Every line from the one with "has_same_paths(self, other) &&" to the one with "fn same_texts(a: &[Vec<u8>], b: &[Vec<u8>])", including those two, is to be copied exactly; all other lines of the entries below are left out.

(Items from a dataset)
┄┄┄┄┄┄┄┄┄┄┄┄┄┄┄┄┄┄┄┄

//! Equality of derivations, outputs, inputs and entries of the environment.
ghost use Rattle.std.specs.Prelude.{◌≡◌, map, nat_eq};
ghost use Rattle.std.specs.Cmp.Lexicographic.{pointwise};
ghost use Rattle.nix_drv.specs.Equality.{same_build, same_entry, same_input, same_output, same_paths, same_program};
ghost use Rattle.nix_drv.specs.Parts.{bytes_of};

use crate::derivation::{Derivation, EnvEntry, Input, Output};

impl PartialEq for Output {
    ghost use Rattle.std.specs.Cmp.{partial_equiv_from_equiv};
    ghost use Rattle.nix_drv.specs.Equality.{outputs_equal, outputs_equal_laws};

    ghost eq = { outputs_equal };

    ghost laws = { partial_equiv_from_equiv outputs_equal_laws };

    fn eq(&self, other: &Output) -> bool {
        self.name == other.name
            && self.path == other.path
            && self.algo == other.algo
            && self.hash == other.hash
    }
}

impl Eq for Output {
    ghost use Rattle.nix_drv.specs.Equality.{outputs_equal_laws};

    ghost laws = { outputs_equal_laws };
}

impl PartialEq for Input {
    ghost use Rattle.std.specs.Cmp.{partial_equiv_from_equiv};
    ghost use Rattle.nix_drv.specs.Equality.{inputs_equal, inputs_equal_laws};

    ghost eq = { inputs_equal };

    ghost laws = { partial_equiv_from_equiv inputs_equal_laws };

    fn eq(&self, other: &Input) -> bool {
        self.path == other.path && same_texts(&self.names, &other.names)
    }
}

impl Eq for Input {
    ghost use Rattle.nix_drv.specs.Equality.{inputs_equal_laws};

    ghost laws = { inputs_equal_laws };
}

impl PartialEq for EnvEntry {
    ghost use Rattle.std.specs.Cmp.{partial_equiv_from_equiv};
    ghost use Rattle.nix_drv.specs.Equality.{entries_equal, entries_equal_laws};

    ghost eq = { entries_equal };

    ghost laws = { partial_equiv_from_equiv entries_equal_laws };

    fn eq(&self, other: &EnvEntry) -> bool {
        self.key == other.key && self.value == other.value
    }
}

impl Eq for EnvEntry {
    ghost use Rattle.nix_drv.specs.Equality.{entries_equal_laws};

    ghost laws = { entries_equal_laws };
}

impl PartialEq for Derivation {
    ghost use Rattle.std.specs.Cmp.{partial_equiv_from_equiv};
    ghost use Rattle.nix_drv.specs.Equality.{same_drv, same_drv_laws};

    ghost eq = { same_drv };

    ghost laws = { partial_equiv_from_equiv same_drv_laws };

    fn eq(&self, other: &Derivation) -> bool {
        has_same_paths(self, other) && is_built_alike(self, other)
    }
}

impl Eq for Derivation {
    ghost use Rattle.nix_drv.specs.Equality.{same_drv_laws};

    ghost laws = { same_drv_laws };
}

// Whether two derivations have the same outputs, inputs and sources.
fn has_same_paths(a: &Derivation, b: &Derivation) -> bool
    ensures { result ≡ same_paths a.now b.now }
{
    same_outputs(a, b) && same_inputs(a, b) && same_texts(a.sources(), b.sources())
}

// Whether two derivations have the same system, builder, arguments and environment.
fn is_built_alike(a: &Derivation, b: &Derivation) -> bool
    ensures { result ≡ same_build a.now b.now }
{
    has_same_program(a, b) && same_texts(a.args(), b.args()) && same_env(a, b)
}

// Whether two derivations have the same system and builder.
fn has_same_program(a: &Derivation, b: &Derivation) -> bool
    ensures { result ≡ same_program a.now b.now }
{
    a.system() == b.system() && a.builder() == b.builder()
}

// Whether two derivations have the same outputs.
fn same_outputs(a: &Derivation, b: &Derivation) -> bool
    ensures { result ≡ pointwise same_output a.now.outputs b.now.outputs }
{
    a.outputs() == b.outputs()
}

// Whether two derivations have the same inputs.
fn same_inputs(a: &Derivation, b: &Derivation) -> bool
    ensures { result ≡ pointwise same_input a.now.inputs b.now.inputs }
{
    a.inputs() == b.inputs()
}

// Whether two derivations have the same environment.
fn same_env(a: &Derivation, b: &Derivation) -> bool
    ensures { result ≡ pointwise same_entry a.now.env b.now.env }
{
    a.env() == b.env()
}

// Whether two lists have the same texts in the same order.
fn same_texts(a: &[Vec<u8>], b: &[Vec<u8>]) -> bool
    ensures { result ≡ pointwise (pointwise nat_eq) (map bytes_of a.now) (map bytes_of b.now) }
{
    a == b
}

┄┄┄┄┄┄┄┄┄┄┄┄┄┄┄┄┄┄┄┄

#### Expected output
        has_same_paths(self, other) && is_built_alike(self, other)
    }
}

impl Eq for Derivation {
    ghost use Rattle.nix_drv.specs.Equality.{same_drv_laws};

    ghost laws = { same_drv_laws };
}

// Whether two derivations have the same outputs, inputs and sources.
fn has_same_paths(a: &Derivation, b: &Derivation) -> bool
    ensures { result ≡ same_paths a.now b.now }
{
    same_outputs(a, b) && same_inputs(a, b) && same_texts(a.sources(), b.sources())
}

// Whether two derivations have the same system, builder, arguments and environment.
fn is_built_alike(a: &Derivation, b: &Derivation) -> bool
    ensures { result ≡ same_build a.now b.now }
{
    has_same_program(a, b) && same_texts(a.args(), b.args()) && same_env(a, b)
}

// Whether two derivations have the same system and builder.
fn has_same_program(a: &Derivation, b: &Derivation) -> bool
    ensures { result ≡ same_program a.now b.now }
{
    a.system() == b.system() && a.builder() == b.builder()
}

// Whether two derivations have the same outputs.
fn same_outputs(a: &Derivation, b: &Derivation) -> bool
    ensures { result ≡ pointwise same_output a.now.outputs b.now.outputs }
{
    a.outputs() == b.outputs()
}

// Whether two derivations have the same inputs.
fn same_inputs(a: &Derivation, b: &Derivation) -> bool
    ensures { result ≡ pointwise same_input a.now.inputs b.now.inputs }
{
    a.inputs() == b.inputs()
}

// Whether two derivations have the same environment.
fn same_env(a: &Derivation, b: &Derivation) -> bool
    ensures { result ≡ pointwise same_entry a.now.env b.now.env }
{
    a.env() == b.env()
}

// Whether two lists have the same texts in the same order.
fn same_texts(a: &[Vec<u8>], b: &[Vec<u8>]) -> bool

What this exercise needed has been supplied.